Structured Sparsity Inducing Adaptive Optimizers for Deep Learning
This work provides an incremental improvement to structured sparsity methods for deep learning practitioners, enabling more efficient pruning of neural networks.
The paper tackles the problem of pruning unimportant groups of parameters in neural networks by introducing non-differentiable penalties to the objective function. It derives weighted proximal operators for two structured sparsity-inducing penalties and proves that existing convergence guarantees are preserved even with efficient numerical approximations of these operators. The proposed adaptive method successfully finds solutions with structured sparsity patterns in computer vision and natural language processing tasks.
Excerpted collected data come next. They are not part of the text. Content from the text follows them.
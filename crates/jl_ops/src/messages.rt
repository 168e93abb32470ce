//! The ends of rows that do not go on, with the messages of what they throw.

ghost use Rattle.std.specs.Prelude.{◌≡◌, IfOk, Some};
ghost use Rattle.jl_heap.specs.declared.ends.RowEnd.TheVariants as ends;
ghost use Rattle.jl_ops.specs.Stops as words;

use crate::stop::Stop;
use jl_heap::RowEnd;
use jl_names::Units;
use jl_prim::ErrorKind;
use std::alloc::{AllocError, Global};

/// A text of ASCII characters as units.
fn units_of(alloc: Global, text: &str) -> Result<Units, AllocError>
    ensures { IfOk result (λ units. units ≡ text.now) }
{
    let mut units = Vec::with_capacity(alloc, text.len())?;
    for byte in text.as_bytes() {
        units.push(u16::from(*byte))?;
    }
    Ok(Units::from_vec(units))
}

/// An error with a message.
fn thrown(alloc: Global, kind: ErrorKind, message: &str) -> RowEnd
    ensures { words.IsEnd (ends.Throws kind (Some message.now)) result }
{
    match units_of(alloc, message) {
        Ok(units) => RowEnd::Throws(kind, Some(units)),
        Err(_) => RowEnd::NoMemory,
    }
}

/// The error of an index that an array of so many elements does not have.
fn out_of_bounds(alloc: Global, at: i32, count: u32) -> RowEnd
    ensures { words.IsEnd (words.end_of (Stop.OutOfBounds at count)) result }
{
    let kind = ErrorKind::ArrayIndexOutOfBoundsException;
    match format!(in alloc; "Index {at} out of bounds for length {count}") {
        Ok(message) => thrown(alloc, kind, &message),
        Err(_) => RowEnd::NoMemory,
    }
}

/// The error of an array with a negative number of elements.
fn negative(alloc: Global, count: i32) -> RowEnd
    ensures { words.IsEnd (words.end_of (Stop.Negative count)) result }
{
    match format!(in alloc; "{count}") {
        Ok(message) => thrown(alloc, ErrorKind::NegativeArraySizeException, &message),
        Err(_) => RowEnd::NoMemory,
    }
}

/// The end of a row that does not go on, with the message of what is thrown.
pub fn end_of(alloc: Global, stop: Stop) -> RowEnd
    ensures { words.IsEnd (words.end_of stop) result }
{
    match stop {
        Stop::Stuck(kind, found) => RowEnd::Stuck(kind, found),
        Stop::Null => RowEnd::Throws(ErrorKind::NullPointerException, None),
        Stop::ZeroDivisor => thrown(alloc, ErrorKind::ArithmeticException, "/ by zero"),
        Stop::OutOfBounds(at, count) => out_of_bounds(alloc, at, count),
        Stop::Negative(count) => negative(alloc, count),
        Stop::Full => thrown(alloc, ErrorKind::OutOfMemoryError, "heap"),
        Stop::Raised(o) => RowEnd::Raises(o),
    }
}
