//! Why a row does not go on (JVMS 6.5, the run-time exceptions of each instruction).

use jl_heap::Kind;
use jl_prim::ObjRef;

/// Why a row does not go on. It has changed nothing.
#[derive(Clone, Copy, Debug)]
pub enum Stop {
    /// A value of the first kind was wanted, and one of the second was found.
    Stuck(Kind, Kind),
    /// A reference is null.
    Null,
    /// A divisor is zero.
    ZeroDivisor,
    /// An array of so many elements has none at this index.
    OutOfBounds(i32, u32),
    /// An array is to have this negative number of elements.
    Negative(i32),
    /// The heap has no room for an array.
    Full,
    /// This object is thrown.
    Raised(ObjRef),
}
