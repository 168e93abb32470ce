//! The rows that are executed here, by what they do (JVMS 6.5).

use jl_heap::{Kind, Value};

/// What is computed of two ints. The second of them lies on top.
#[derive(Clone, Copy, Debug)]
pub enum IntOp {
    Add,
    Sub,
    Mul,
    Div,
    Rem,
    And,
    Or,
    Xor,
    /// The first one is shifted by the low five bits of the second.
    Shift(Shift),
}

/// What is computed of two longs. The second of them lies on top.
#[derive(Clone, Copy, Debug)]
pub enum LongOp {
    Add,
    Sub,
    Mul,
    Div,
    Rem,
    And,
    Or,
    Xor,
}

/// How bits are shifted.
#[derive(Clone, Copy, Debug)]
pub enum Shift {
    Left,
    /// To the right, where the sign fills up.
    Right,
    /// To the right, where zeros fill up.
    UnsignedRight,
}

/// The types whose values are ints on the stack and in arrays of their own. Arrays of booleans are taken where those of
/// bytes are.
#[derive(Clone, Copy, Debug)]
pub enum IntType {
    Int,
    Byte,
    Char,
    Short,
}

/// How slots of the stack are taken, copied or swapped. A copy of the upper slots is put under those that follow.
#[derive(Clone, Copy, Debug)]
pub enum StackOp {
    Pop,
    Pop2,
    Dup,
    DupX1,
    DupX2,
    Dup2,
    Dup2X1,
    Dup2X2,
    Swap,
}

/// How two ints compare. The second of them lies on top, or is 0.
#[derive(Clone, Copy, Debug)]
pub enum Condition {
    Equal,
    NotEqual,
    Less,
    GreaterOrEqual,
    Greater,
    LessOrEqual,
}

/// When a branch is taken.
#[derive(Clone, Copy, Debug)]
pub enum Test {
    Always,
    /// An int compares so with 0.
    Zero(Condition),
    /// Two ints compare so.
    Ints(Condition),
    /// Two references are the same, or they are not.
    Same(bool),
    /// A reference is null, or it is not.
    Null(bool),
}

/// A row that changes the top frame alone, and is followed by the next instruction. The kinds of its loads and stores are
/// those of ints, longs and references.
#[derive(Clone, Copy, Debug)]
pub enum FrameRow {
    Nothing,
    Constant(Value),
    /// A value of this kind is loaded from a local.
    Load(Kind, u16),
    /// A value of this kind is stored into a local.
    Store(Kind, u16),
    /// A number is added to an int in a local.
    Increase(u16, i32),
    Stack(StackOp),
    Ints(IntOp),
    Longs(LongOp),
    ShiftLong(Shift),
    NegateInt,
    NegateLong,
    IntToLong,
    LongToInt,
    /// An int is cut to a type.
    Cut(IntType),
    CompareLongs,
    /// A monitor is entered or left. There is one task, so that it only has to be there.
    Monitor,
}

/// What an array has as its elements.
#[derive(Clone, Copy, Debug)]
pub enum Elements {
    Ints(IntType),
    Longs,
    References,
}

/// A row of arrays.
#[derive(Clone, Copy, Debug)]
pub enum ArrayRow {
    Load(Elements),
    StoreInt(IntType),
    StoreLong,
    Length,
}

/// A row that is executed here, but for the two switches.
#[derive(Clone, Copy, Debug)]
pub enum Row {
    Frame(FrameRow),
    Array(ArrayRow),
    /// An array of the primitive type with this letter is made.
    NewArray(u8),
    /// A branch to this place.
    Branch(Test, u32),
    /// The method returns, with an int, a long or a reference where there is a kind.
    Return(Option<Kind>),
    Throw,
}
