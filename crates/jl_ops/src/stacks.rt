//! The rows that take, copy or swap slots of the stack (JVMS 6.5, `pop` to `swap`).
//!
//! Slots are named from the top down: `a` is on top.

ghost use Rattle.std.specs.Prelude.{◌≡◌, ◌+◌, ◌≤◌, ◌<◌, IsSome, OnOk};
ghost use Rattle.jl_heap.specs.Frames.{top_of, height_in};
ghost use Rattle.jl_ops.specs.Operands.{Does};
ghost use Rattle.jl_ops.specs.Stacks as words;

use crate::operands::{need_room, no_slot};
use crate::row::StackOp;
use crate::stop::Stop;
use jl_heap::{Frames, Value};

/// The slot so many below the top, which has to hold a value by itself.
fn one_under(frames: &Frames, down: usize) -> Result<Value, Stop>
    requires frame { IsSome (top_of frames.now) }
    requires few { down < 8 }
    ensures value { result ≡ words.one_under frames.now down }
    ensures deep { OnOk result (down + 1 ≤ height_in frames.now) }
{
    match frames.peek(down) {
        Some(Value::Int(n)) => Ok(Value::Int(n)),
        Some(Value::Ref(o)) => Ok(Value::Ref(o)),
        _ => Err(no_slot()),
    }
}

/// The two slots from the one so many below the top on, the upper one first. They have to hold a long, or a value each.
fn two_under(frames: &Frames, down: usize) -> Result<(Value, Value), Stop>
    requires frame { IsSome (top_of frames.now) }
    requires few { down < 7 }
    ensures value { result ≡ words.two_under frames.now down }
    ensures deep { OnOk result (down + 2 ≤ height_in frames.now) }
{
    if let (Some(Value::Top), Some(Value::Long(n))) = (frames.peek(down), frames.peek(down + 1)) {
        return Ok((Value::Top, Value::Long(n)));
    }
    let upper = one_under(frames, down)?;
    let lower = one_under(frames, down + 1)?;
    Ok((upper, lower))
}

#[tactic(auto, unfolding(crate::specs::Stacks::pop))]
fn pop(frames: &mut Frames) -> Result<(), Stop>
    requires { IsSome (top_of frames.old) }
    ensures does { Does (words.pop frames.old) frames.old result frames.new }
    ensures frame { IsSome (top_of frames.new) }
{
    one_under(frames, 0)?;
    frames.pop();
    Ok(())
}

#[tactic(auto, unfolding(crate::specs::Stacks::pop2))]
fn pop2(frames: &mut Frames) -> Result<(), Stop>
    requires { IsSome (top_of frames.old) }
    ensures does { Does (words.pop2 frames.old) frames.old result frames.new }
    ensures frame { IsSome (top_of frames.new) }
{
    two_under(frames, 0)?;
    frames.pop();
    frames.pop();
    Ok(())
}

#[tactic(auto, unfolding(crate::specs::Stacks::dup))]
fn dup(frames: &mut Frames) -> Result<(), Stop>
    requires { IsSome (top_of frames.old) }
    ensures does { Does (words.dup frames.old) frames.old result frames.new }
    ensures frame { IsSome (top_of frames.new) }
{
    let a = one_under(frames, 0)?;
    need_room(frames, 1)?;
    frames.put(a);
    Ok(())
}

#[tactic(auto, unfolding(crate::specs::Stacks::dup_x1))]
fn dup_x1(frames: &mut Frames) -> Result<(), Stop>
    requires { IsSome (top_of frames.old) }
    ensures does { Does (words.dup_x1 frames.old) frames.old result frames.new }
    ensures frame { IsSome (top_of frames.new) }
{
    let a = one_under(frames, 0)?;
    let b = one_under(frames, 1)?;
    need_room(frames, 1)?;
    frames.pop();
    frames.pop();
    frames.put(a);
    frames.put(b);
    frames.put(a);
    Ok(())
}

#[tactic(auto, unfolding(crate::specs::Stacks::dup_x2))]
fn dup_x2(frames: &mut Frames) -> Result<(), Stop>
    requires { IsSome (top_of frames.old) }
    ensures does { Does (words.dup_x2 frames.old) frames.old result frames.new }
    ensures frame { IsSome (top_of frames.new) }
{
    let a = one_under(frames, 0)?;
    let (b, c) = two_under(frames, 1)?;
    need_room(frames, 1)?;
    frames.pop();
    frames.pop();
    frames.pop();
    frames.put(a);
    frames.put(c);
    frames.put(b);
    frames.put(a);
    Ok(())
}

#[tactic(auto, unfolding(crate::specs::Stacks::dup2))]
fn dup2(frames: &mut Frames) -> Result<(), Stop>
    requires { IsSome (top_of frames.old) }
    ensures does { Does (words.dup2 frames.old) frames.old result frames.new }
    ensures frame { IsSome (top_of frames.new) }
{
    let (a, b) = two_under(frames, 0)?;
    need_room(frames, 2)?;
    frames.put(b);
    frames.put(a);
    Ok(())
}

#[tactic(auto, unfolding(crate::specs::Stacks::dup2_x1))]
fn dup2_x1(frames: &mut Frames) -> Result<(), Stop>
    requires { IsSome (top_of frames.old) }
    ensures does { Does (words.dup2_x1 frames.old) frames.old result frames.new }
    ensures frame { IsSome (top_of frames.new) }
{
    let (a, b) = two_under(frames, 0)?;
    let c = one_under(frames, 2)?;
    need_room(frames, 2)?;
    frames.pop();
    frames.pop();
    frames.pop();
    frames.put(b);
    frames.put(a);
    frames.put(c);
    frames.put(b);
    frames.put(a);
    Ok(())
}

#[tactic(auto, unfolding(crate::specs::Stacks::dup2_x2))]
fn dup2_x2(frames: &mut Frames) -> Result<(), Stop>
    requires { IsSome (top_of frames.old) }
    ensures does { Does (words.dup2_x2 frames.old) frames.old result frames.new }
    ensures frame { IsSome (top_of frames.new) }
{
    let (a, b) = two_under(frames, 0)?;
    let (c, d) = two_under(frames, 2)?;
    need_room(frames, 2)?;
    frames.pop();
    frames.pop();
    frames.pop();
    frames.pop();
    frames.put(b);
    frames.put(a);
    frames.put(d);
    frames.put(c);
    frames.put(b);
    frames.put(a);
    Ok(())
}

#[tactic(auto, unfolding(crate::specs::Stacks::swap))]
fn swap(frames: &mut Frames) -> Result<(), Stop>
    requires { IsSome (top_of frames.old) }
    ensures does { Does (words.swap frames.old) frames.old result frames.new }
    ensures frame { IsSome (top_of frames.new) }
{
    let a = one_under(frames, 0)?;
    let b = one_under(frames, 1)?;
    frames.pop();
    frames.pop();
    frames.put(a);
    frames.put(b);
    Ok(())
}

/// Takes, copies or swaps slots of the stack.
#[tactic(auto, unfolding(crate::specs::Stacks::rearranged))]
pub fn rearrange(frames: &mut Frames, op: StackOp) -> Result<(), Stop>
    requires { IsSome (top_of frames.old) }
    ensures does { Does (words.rearranged op frames.old) frames.old result frames.new }
    ensures frame { IsSome (top_of frames.new) }
{
    match op {
        StackOp::Pop => pop(frames),
        StackOp::Pop2 => pop2(frames),
        StackOp::Dup => dup(frames),
        StackOp::DupX1 => dup_x1(frames),
        StackOp::DupX2 => dup_x2(frames),
        StackOp::Dup2 => dup2(frames),
        StackOp::Dup2X1 => dup2_x1(frames),
        StackOp::Dup2X2 => dup2_x2(frames),
        StackOp::Swap => swap(frames),
    }
}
The parameters of a neural network are naturally organized in groups, some of which might not contribute to its overall performance. To prune out unimportant groups of parameters, we can include some non-differentiable penalty to the objective function, and minimize it using proximal gradient methods. In this paper, we derive the weighted proximal operator, which is a necessary component of these proximal methods, of two structured sparsity inducing penalties. Moreover, they can be approximated efficiently with a numerical solver, and despite this approximation, we prove that existing convergence guarantees are preserved when these operators are integrated as part of a generic adaptive proximal method. Finally, we show that this adaptive method, together with the weighted proximal operators derived here, is indeed capable of finding solutions with structure in their sparsity patterns, on representative examples from computer vision and natural language processing.